● YOUR TASK:
Where does the string "names" appear in the records? Copy each line that holds it.

------------------------

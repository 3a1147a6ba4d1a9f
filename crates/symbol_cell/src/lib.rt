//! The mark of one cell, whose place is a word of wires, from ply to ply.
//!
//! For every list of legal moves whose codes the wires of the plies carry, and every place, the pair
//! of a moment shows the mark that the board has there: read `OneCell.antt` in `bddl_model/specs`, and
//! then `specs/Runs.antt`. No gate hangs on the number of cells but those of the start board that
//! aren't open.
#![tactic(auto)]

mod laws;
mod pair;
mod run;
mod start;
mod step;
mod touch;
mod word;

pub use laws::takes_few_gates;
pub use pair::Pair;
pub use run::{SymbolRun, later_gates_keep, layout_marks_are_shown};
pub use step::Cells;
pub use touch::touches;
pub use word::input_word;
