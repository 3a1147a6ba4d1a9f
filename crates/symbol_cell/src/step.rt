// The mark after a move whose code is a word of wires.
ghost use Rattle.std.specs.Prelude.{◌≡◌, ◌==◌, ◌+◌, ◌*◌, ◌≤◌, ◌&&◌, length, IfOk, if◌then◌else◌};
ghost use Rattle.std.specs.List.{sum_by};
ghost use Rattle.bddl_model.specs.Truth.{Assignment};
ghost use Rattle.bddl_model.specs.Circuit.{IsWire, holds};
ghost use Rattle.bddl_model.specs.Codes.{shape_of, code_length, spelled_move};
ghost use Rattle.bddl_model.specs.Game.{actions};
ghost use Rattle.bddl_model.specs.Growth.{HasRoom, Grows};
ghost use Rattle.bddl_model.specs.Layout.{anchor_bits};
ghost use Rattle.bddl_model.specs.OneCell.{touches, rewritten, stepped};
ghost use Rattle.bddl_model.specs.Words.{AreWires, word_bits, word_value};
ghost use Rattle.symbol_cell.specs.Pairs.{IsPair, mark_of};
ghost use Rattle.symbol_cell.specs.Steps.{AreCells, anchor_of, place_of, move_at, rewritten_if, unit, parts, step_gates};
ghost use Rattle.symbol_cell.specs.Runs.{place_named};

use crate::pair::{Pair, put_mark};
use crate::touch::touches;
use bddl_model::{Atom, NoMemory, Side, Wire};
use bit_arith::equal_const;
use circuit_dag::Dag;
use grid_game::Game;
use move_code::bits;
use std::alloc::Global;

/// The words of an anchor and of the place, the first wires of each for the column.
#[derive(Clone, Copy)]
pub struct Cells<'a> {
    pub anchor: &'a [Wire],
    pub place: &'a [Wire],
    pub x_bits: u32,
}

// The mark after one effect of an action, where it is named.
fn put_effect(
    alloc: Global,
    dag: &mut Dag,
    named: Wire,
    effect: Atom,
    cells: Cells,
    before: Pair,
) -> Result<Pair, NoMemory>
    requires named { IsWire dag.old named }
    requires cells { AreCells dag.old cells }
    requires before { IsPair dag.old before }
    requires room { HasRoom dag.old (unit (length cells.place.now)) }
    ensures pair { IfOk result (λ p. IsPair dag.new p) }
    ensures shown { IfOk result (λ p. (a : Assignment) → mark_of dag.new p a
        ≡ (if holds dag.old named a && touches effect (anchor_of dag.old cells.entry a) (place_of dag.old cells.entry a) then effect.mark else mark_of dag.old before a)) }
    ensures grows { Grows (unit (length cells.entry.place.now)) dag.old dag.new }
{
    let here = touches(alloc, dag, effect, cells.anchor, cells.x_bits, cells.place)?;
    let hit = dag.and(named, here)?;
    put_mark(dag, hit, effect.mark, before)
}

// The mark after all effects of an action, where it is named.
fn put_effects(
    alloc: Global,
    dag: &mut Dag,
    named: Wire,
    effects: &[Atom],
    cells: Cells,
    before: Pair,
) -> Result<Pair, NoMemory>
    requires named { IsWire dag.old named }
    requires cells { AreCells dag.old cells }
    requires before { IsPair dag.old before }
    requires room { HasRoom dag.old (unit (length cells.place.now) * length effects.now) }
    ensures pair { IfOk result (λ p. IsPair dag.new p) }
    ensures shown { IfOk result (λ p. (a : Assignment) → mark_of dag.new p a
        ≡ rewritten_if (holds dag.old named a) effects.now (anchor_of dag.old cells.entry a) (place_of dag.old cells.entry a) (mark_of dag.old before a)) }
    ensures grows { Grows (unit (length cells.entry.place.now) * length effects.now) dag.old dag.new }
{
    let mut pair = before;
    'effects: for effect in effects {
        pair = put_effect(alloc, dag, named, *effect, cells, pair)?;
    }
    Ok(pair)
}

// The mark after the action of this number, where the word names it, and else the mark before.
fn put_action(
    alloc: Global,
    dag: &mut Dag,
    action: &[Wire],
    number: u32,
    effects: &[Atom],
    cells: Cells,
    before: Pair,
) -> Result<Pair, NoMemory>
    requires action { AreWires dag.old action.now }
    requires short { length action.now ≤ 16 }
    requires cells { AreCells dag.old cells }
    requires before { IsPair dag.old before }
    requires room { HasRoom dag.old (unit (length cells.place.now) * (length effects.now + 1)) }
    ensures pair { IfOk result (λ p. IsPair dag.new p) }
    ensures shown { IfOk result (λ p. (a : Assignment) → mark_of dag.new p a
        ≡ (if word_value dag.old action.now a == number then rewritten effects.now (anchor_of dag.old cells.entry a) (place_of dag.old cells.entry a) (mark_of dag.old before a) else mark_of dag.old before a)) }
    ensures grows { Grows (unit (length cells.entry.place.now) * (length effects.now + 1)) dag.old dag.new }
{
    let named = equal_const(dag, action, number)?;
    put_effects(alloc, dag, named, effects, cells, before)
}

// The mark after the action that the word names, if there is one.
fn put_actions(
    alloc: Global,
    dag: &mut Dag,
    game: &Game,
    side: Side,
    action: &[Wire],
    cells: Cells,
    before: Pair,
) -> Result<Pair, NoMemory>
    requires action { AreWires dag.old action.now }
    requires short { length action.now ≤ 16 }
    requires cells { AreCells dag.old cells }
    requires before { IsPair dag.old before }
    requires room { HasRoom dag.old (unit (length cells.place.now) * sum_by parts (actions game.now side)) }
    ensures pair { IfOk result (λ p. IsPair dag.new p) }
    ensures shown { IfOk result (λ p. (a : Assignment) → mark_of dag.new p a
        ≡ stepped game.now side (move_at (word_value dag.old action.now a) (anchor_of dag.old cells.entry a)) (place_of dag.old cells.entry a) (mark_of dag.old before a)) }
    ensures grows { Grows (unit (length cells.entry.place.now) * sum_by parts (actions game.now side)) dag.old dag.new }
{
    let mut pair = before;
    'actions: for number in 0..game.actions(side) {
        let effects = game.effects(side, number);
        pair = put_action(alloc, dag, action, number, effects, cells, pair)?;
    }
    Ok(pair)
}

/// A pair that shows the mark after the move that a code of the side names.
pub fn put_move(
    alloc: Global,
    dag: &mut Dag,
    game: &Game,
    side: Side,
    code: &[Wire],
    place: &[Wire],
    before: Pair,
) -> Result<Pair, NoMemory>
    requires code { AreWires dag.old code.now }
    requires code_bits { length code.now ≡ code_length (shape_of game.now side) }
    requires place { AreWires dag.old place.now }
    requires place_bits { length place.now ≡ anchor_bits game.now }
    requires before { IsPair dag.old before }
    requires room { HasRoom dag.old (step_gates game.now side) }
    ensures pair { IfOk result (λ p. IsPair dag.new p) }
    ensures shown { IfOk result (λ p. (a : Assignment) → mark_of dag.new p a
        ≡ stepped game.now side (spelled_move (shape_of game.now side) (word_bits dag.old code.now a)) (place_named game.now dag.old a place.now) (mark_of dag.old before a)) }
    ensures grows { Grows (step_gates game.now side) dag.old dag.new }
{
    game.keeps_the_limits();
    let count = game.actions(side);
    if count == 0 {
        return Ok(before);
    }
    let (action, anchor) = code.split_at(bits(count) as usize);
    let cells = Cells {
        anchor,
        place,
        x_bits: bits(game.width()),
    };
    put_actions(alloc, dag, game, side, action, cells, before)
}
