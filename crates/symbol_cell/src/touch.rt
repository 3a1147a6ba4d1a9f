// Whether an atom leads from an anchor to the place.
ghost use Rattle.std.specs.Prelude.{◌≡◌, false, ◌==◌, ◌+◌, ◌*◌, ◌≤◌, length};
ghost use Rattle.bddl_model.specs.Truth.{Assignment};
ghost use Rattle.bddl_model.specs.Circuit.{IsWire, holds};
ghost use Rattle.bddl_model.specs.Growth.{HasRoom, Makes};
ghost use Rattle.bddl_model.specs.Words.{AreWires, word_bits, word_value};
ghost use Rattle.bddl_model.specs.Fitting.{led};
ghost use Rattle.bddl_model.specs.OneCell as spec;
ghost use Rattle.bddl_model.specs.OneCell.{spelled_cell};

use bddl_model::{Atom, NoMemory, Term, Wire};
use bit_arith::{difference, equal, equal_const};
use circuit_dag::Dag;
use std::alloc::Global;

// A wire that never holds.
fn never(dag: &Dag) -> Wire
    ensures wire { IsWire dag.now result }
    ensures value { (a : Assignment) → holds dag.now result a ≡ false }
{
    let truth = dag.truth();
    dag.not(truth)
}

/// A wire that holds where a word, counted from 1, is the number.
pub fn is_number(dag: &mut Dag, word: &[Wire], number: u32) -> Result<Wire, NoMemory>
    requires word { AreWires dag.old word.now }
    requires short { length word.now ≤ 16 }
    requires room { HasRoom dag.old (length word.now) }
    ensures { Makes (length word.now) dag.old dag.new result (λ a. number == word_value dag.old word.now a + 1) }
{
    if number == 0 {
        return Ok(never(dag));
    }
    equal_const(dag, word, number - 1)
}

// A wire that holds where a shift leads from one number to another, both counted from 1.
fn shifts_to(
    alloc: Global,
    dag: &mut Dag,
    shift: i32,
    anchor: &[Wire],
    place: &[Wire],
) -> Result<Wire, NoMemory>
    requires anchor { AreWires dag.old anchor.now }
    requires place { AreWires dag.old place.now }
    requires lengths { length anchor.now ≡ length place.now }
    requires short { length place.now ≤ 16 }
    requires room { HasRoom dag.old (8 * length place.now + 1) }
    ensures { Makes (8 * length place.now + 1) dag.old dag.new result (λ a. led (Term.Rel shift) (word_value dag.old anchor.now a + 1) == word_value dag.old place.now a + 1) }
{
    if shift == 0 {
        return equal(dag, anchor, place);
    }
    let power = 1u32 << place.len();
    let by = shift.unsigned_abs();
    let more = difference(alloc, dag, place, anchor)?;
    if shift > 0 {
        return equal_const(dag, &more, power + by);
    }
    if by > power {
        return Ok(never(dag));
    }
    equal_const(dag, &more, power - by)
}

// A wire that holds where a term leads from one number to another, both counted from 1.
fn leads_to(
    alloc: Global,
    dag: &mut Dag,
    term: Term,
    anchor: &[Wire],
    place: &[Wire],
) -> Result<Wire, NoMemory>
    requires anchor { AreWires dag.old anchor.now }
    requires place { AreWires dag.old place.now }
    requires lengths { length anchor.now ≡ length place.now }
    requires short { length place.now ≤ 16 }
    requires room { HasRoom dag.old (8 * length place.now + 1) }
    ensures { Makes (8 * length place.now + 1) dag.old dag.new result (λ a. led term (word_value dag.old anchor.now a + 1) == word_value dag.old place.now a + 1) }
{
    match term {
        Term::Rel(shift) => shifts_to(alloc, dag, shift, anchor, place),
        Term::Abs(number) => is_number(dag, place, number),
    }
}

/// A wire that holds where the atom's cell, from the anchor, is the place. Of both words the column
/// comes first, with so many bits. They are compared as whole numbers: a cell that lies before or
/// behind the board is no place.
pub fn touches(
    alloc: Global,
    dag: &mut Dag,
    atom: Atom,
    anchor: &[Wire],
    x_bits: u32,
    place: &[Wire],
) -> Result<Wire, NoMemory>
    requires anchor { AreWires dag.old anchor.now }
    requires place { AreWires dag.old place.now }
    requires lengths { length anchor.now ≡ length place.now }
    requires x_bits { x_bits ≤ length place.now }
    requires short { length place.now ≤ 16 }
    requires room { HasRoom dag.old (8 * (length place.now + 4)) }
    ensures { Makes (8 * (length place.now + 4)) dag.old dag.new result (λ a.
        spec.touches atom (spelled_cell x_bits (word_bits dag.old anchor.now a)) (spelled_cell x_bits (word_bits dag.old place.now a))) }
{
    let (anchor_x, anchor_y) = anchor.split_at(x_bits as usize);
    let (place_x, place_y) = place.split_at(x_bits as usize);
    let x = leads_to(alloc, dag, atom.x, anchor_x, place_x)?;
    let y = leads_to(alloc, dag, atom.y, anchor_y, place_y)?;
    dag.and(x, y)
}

------------------------

● PROBLEM SOLUTION:
// The mark after the action of this number, where the word names it, and else the mark before.
// The mark after the action that the word names, if there is one.
/// A pair that shows the mark after the move that a code of the side names.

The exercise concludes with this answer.